* **Goal of the exercise**
Give only the number of lines in the records that contain the word "opened".

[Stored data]
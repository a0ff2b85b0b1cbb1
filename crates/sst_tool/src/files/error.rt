//! The errors of commands.
use crate::files::{Escaped, FileError};
use crate::lines::LineError;
use sst_blocks::{Error, SectionName};
use std::alloc::{AllocError, AllocFailed};
use std::{fmt, io};

/// The error of a command, displayed as a sentence. Out of memory is always [`ToolError::Refused`],
/// whatever file or line was being read.
#[derive(Debug, Drop)]
pub enum ToolError<'a> {
    /// A key on the command line is malformed: which one, and why.
    Key(KeyWord, LineError),
    /// Standard input cannot be read.
    Input(io::Error),
    /// Standard output could not be written.
    Output(io::Error),
    /// A file cannot be read, opened or written.
    File(FileError<'a>),
    /// A line of the input cannot be written.
    Line {
        /// The line's number, from 1.
        number: u64,
        /// The error.
        fault: LineFault,
    },
    /// The input has no entries, so there is no table to write.
    NoEntries,
    /// The size of blocks or partitions is above 4 MiB.
    SizeTooLarge,
    /// An opened file cannot be read.
    Unreadable {
        /// The file's name.
        name: &'a str,
        /// The block that fails with this error, if it was found.
        at: RefusedAt,
        /// The first error of reading the file.
        error: Error,
    },
    /// The entries of a file are out of order.
    OutOfOrder(&'a str),
    /// A key has the same sequence number twice in the files.
    Repeated,
    /// Entries are out of order. Memory ran out before the file, or a repeated key, was found.
    Unordered,
    /// The first key of a file is above its last key.
    Range(&'a str),
    /// An error of the library, or out of memory.
    Refused(Error),
    /// An error of the library other than `OutOfMemory`. Memory ran out before its file was found.
    Unplaced(Error),
}

impl<'a> fmt::Display for ToolError<'a> {
    fn fmt<W: fmt::Write>(&self, f: &mut fmt::Formatter<W>) -> fmt::Result {
        match self {
            ToolError::Key(_, LineError::OutOfMemory) | ToolError::Refused(Error::OutOfMemory) => {
                f.write_str("out of memory")
            }
            ToolError::Key(word, error) => write!(f, "{word}: {error}"),
            ToolError::Input(error) => write!(f, "standard input: {error}"),
            ToolError::Output(error) => write!(f, "standard output: {error}"),
            ToolError::File(error) => write!(f, "{error}"),
            ToolError::Line { number, fault } => write!(f, "line {number}: {fault}"),
            ToolError::NoEntries => f.write_str("no entries: no table is written"),
            ToolError::SizeTooLarge => {
                f.write_str("a block or partition has at most 4194304 bytes")
            }
            ToolError::Unreadable { name, at, error } => {
                let (name, number) = (Escaped(name), error.number());
                write!(f, "{name}: {at}{error} ({number})")
            }
            ToolError::OutOfOrder(path) => write!(f, "{}: entries out of order", Escaped(path)),
            ToolError::Repeated => {
                f.write_str("two versions of a key have the same sequence number")
            }
            ToolError::Unordered => f.write_str("entries out of order"),
            ToolError::Range(path) => {
                write!(f, "{}: the first key is above the last", Escaped(path))
            }
            ToolError::Refused(error) | ToolError::Unplaced(error) => {
                let number = error.number();
                write!(f, "{error} ({number})")
            }
        }
    }
}

impl<'a> std::error::Error for ToolError<'a> {}

/// A key on the command line, displayed as its option is named there.
#[derive(Clone, Copy, Debug, PartialEq, Eq)]
pub enum KeyWord {
    /// The key to look up.
    Key,
    /// The first key to dump.
    From,
    /// The key at which the dump ends, excluded.
    To,
}

impl fmt::Display for KeyWord {
    fn fmt<W: fmt::Write>(&self, f: &mut fmt::Formatter<W>) -> fmt::Result {
        f.write_str(match self {
            KeyWord::Key => "KEY",
            KeyWord::From => "--from",
            KeyWord::To => "--to",
        })
    }
}

/// The error of a line.
#[derive(Debug, Drop)]
pub enum LineFault {
    /// The line does not parse as an entry.
    Spelling(LineError),
    /// The sequence number is `u64::MAX`, which is reserved.
    TooHigh,
    /// The entry does not sort after the one before it.
    OutOfOrder,
    /// Another line has the same key and sequence number.
    Repeated,
    /// The library cannot write the entry.
    Refused(Error),
}

impl fmt::Display for LineFault {
    fn fmt<W: fmt::Write>(&self, f: &mut fmt::Formatter<W>) -> fmt::Result {
        match self {
            LineFault::Spelling(error) => write!(f, "{error}"),
            LineFault::TooHigh => f.write_str("a sequence number is below 18446744073709551615"),
            LineFault::OutOfOrder => {
                f.write_str("out of order: keys ascend, and the sequence numbers of a key descend")
            }
            LineFault::Repeated => f.write_str("another line has this key and sequence number"),
            LineFault::Refused(error) => {
                let number = error.number();
                write!(f, "{error} ({number})")
            }
        }
    }
}

/// The position of a block in a file, displayed as `data block at 4096`.
#[derive(Clone, Copy, Debug, PartialEq, Eq)]
pub struct BlockPlace {
    /// The section of the block.
    pub section: SectionName,
    /// The offset of the block, in bytes from the start of the file.
    pub offset: u64,
}

impl fmt::Display for BlockPlace {
    fn fmt<W: fmt::Write>(&self, f: &mut fmt::Formatter<W>) -> fmt::Result {
        let (section, offset) = (section_name(self.section), self.offset);
        write!(f, "{section} block at {offset}")
    }
}

/// Returns the name of a section in a file.
pub fn section_name(section: SectionName) -> &'static str {
    match section {
        SectionName::Data => "data",
        SectionName::Index => "index",
        SectionName::Tli => "tli",
        SectionName::Filter => "filter",
        SectionName::FilterTli => "filter_tli",
        SectionName::TableVersion => "table_version",
        SectionName::Meta => "meta",
    }
}

/// The block that an error comes from, displayed before the error if it is known.
#[derive(Clone, Copy, Debug, PartialEq, Eq)]
pub enum RefusedAt {
    /// The first block, in the order of a verification, that fails to load with the error.
    Block(BlockPlace),
    /// No block fails with the error, or memory ran out before one was found.
    Unknown,
}

impl fmt::Display for RefusedAt {
    fn fmt<W: fmt::Write>(&self, f: &mut fmt::Formatter<W>) -> fmt::Result {
        match self {
            RefusedAt::Block(place) => write!(f, "{place}: "),
            RefusedAt::Unknown => Ok(()),
        }
    }
}

impl<'a> From<FileError<'a>> for ToolError<'a> {
    ghost use Rattle.std.specs.Prelude.{◌≡◌};
    ghost use Rattle.sst_tool.specs.files.Files.{error_of_file};

    ghost from_gives = { λ error e. e ≡ error_of_file error };

    fn from(error: FileError<'a>) -> ToolError<'a> {
        if error.fault.is_memory() {
            ToolError::Refused(Error::OutOfMemory)
        } else {
            ToolError::File(error)
        }
    }
}

impl<'a> From<Error> for ToolError<'a> {
    ghost use Rattle.std.specs.Prelude.{◌≡◌};
    ghost use Rattle.sst_tool.specs.declared.files.error.ToolError.TheVariants.{Refused};

    ghost from_gives = { λ error e. e ≡ Refused error };

    fn from(error: Error) -> ToolError<'a> {
        ToolError::Refused(error)
    }
}

impl<'a> From<AllocError> for ToolError<'a> {
    ghost use Rattle.std.specs.Prelude.{◌≡◌};
    ghost use Rattle.sst_entries.specs.declared.error.Error.TheVariants.{OutOfMemory};
    ghost use Rattle.sst_tool.specs.declared.files.error.ToolError.TheVariants.{Refused};

    ghost from_gives = { λ _ e. e ≡ Refused OutOfMemory };

    fn from(_error: AllocError) -> ToolError<'a> {
        ToolError::Refused(Error::OutOfMemory)
    }
}

impl<'a, T: Drop> From<AllocFailed<T>> for ToolError<'a> {
    ghost use Rattle.std.specs.Prelude.{◌≡◌};
    ghost use Rattle.sst_entries.specs.declared.error.Error.TheVariants.{OutOfMemory};
    ghost use Rattle.sst_tool.specs.declared.files.error.ToolError.TheVariants.{Refused};

    ghost from_gives = { λ _ e. e ≡ Refused OutOfMemory };

    fn from(_error: AllocFailed<T>) -> ToolError<'a> {
        ToolError::Refused(Error::OutOfMemory)
    }
}

// The only `io::Error`s without a file are those of standard output.
impl<'a> From<io::Error> for ToolError<'a> {
    ghost use Rattle.std.specs.Prelude.{◌≡◌};
    ghost use Rattle.sst_tool.specs.declared.files.error.ToolError.TheVariants.{Output};

    ghost from_gives = { λ error e. e ≡ Output error };

    fn from(error: io::Error) -> ToolError<'a> {
        ToolError::Output(error)
    }
}
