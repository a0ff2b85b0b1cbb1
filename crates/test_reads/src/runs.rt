//! Tests of reads of one run and of several as one.
//!
//! Reads are from both ends, by scans, below a sequence number and by age, by value and borrowed.
//! Lists are written as runs. Runs are compacted or packed, all of them or a part, with a filter
//! and without. Some tests have allocation failures, too few ids or a damaged table.
pub mod compactions;
mod key_ranges;
mod lent_ranges;
pub mod lists;
mod packing;
pub mod part;
mod points;
mod several;
mod sources;
mod stored;
pub mod walks;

* **Response box**
2